--- Directions for this task ---
In the listing that follows, copy out each line that includes the word "IsOther".

--- Entries provided ---
####

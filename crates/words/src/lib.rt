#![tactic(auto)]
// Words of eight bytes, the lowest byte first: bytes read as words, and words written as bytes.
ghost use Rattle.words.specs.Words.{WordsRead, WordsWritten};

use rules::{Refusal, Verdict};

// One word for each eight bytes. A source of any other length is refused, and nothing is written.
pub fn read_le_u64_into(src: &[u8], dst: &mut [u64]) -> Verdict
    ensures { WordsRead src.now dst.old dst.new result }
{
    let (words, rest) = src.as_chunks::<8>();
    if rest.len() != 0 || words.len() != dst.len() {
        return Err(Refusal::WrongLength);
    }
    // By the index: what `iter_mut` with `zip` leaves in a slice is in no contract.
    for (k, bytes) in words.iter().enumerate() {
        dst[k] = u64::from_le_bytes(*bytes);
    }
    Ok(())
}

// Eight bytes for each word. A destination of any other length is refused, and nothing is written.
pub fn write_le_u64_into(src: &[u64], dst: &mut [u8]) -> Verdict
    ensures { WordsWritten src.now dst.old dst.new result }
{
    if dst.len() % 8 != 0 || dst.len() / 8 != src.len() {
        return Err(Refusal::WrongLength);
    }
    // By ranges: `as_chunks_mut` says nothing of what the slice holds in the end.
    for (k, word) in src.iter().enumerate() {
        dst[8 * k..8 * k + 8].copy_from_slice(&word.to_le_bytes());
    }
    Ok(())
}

####

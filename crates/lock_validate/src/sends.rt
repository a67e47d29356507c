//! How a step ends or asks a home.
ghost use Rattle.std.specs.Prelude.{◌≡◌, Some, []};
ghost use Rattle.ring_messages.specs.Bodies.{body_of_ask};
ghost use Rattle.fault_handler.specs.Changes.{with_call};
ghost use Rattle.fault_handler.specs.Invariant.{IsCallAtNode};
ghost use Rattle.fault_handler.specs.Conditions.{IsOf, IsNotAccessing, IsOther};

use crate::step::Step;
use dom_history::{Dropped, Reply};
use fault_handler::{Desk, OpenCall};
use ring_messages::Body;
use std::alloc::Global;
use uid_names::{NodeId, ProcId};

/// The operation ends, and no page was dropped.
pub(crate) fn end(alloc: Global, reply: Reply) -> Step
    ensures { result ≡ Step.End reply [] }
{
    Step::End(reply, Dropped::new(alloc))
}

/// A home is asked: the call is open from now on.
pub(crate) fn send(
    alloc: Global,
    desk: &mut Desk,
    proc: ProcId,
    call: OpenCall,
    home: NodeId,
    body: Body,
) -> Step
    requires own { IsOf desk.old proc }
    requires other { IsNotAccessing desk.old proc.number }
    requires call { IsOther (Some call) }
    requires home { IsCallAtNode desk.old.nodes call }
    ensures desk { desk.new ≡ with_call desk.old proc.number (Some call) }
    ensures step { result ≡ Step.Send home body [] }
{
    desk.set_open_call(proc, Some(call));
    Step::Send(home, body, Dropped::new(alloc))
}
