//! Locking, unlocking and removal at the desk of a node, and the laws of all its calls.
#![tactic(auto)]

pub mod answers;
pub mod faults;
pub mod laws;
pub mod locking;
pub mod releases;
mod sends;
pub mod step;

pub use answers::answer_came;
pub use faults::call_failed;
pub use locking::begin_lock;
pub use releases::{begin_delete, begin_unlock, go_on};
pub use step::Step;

####

--- Response box ---
ghost use Rattle.fault_handler.specs.Conditions.{IsOf, IsNotAccessing, IsOther};
    requires call { IsOther (Some call) }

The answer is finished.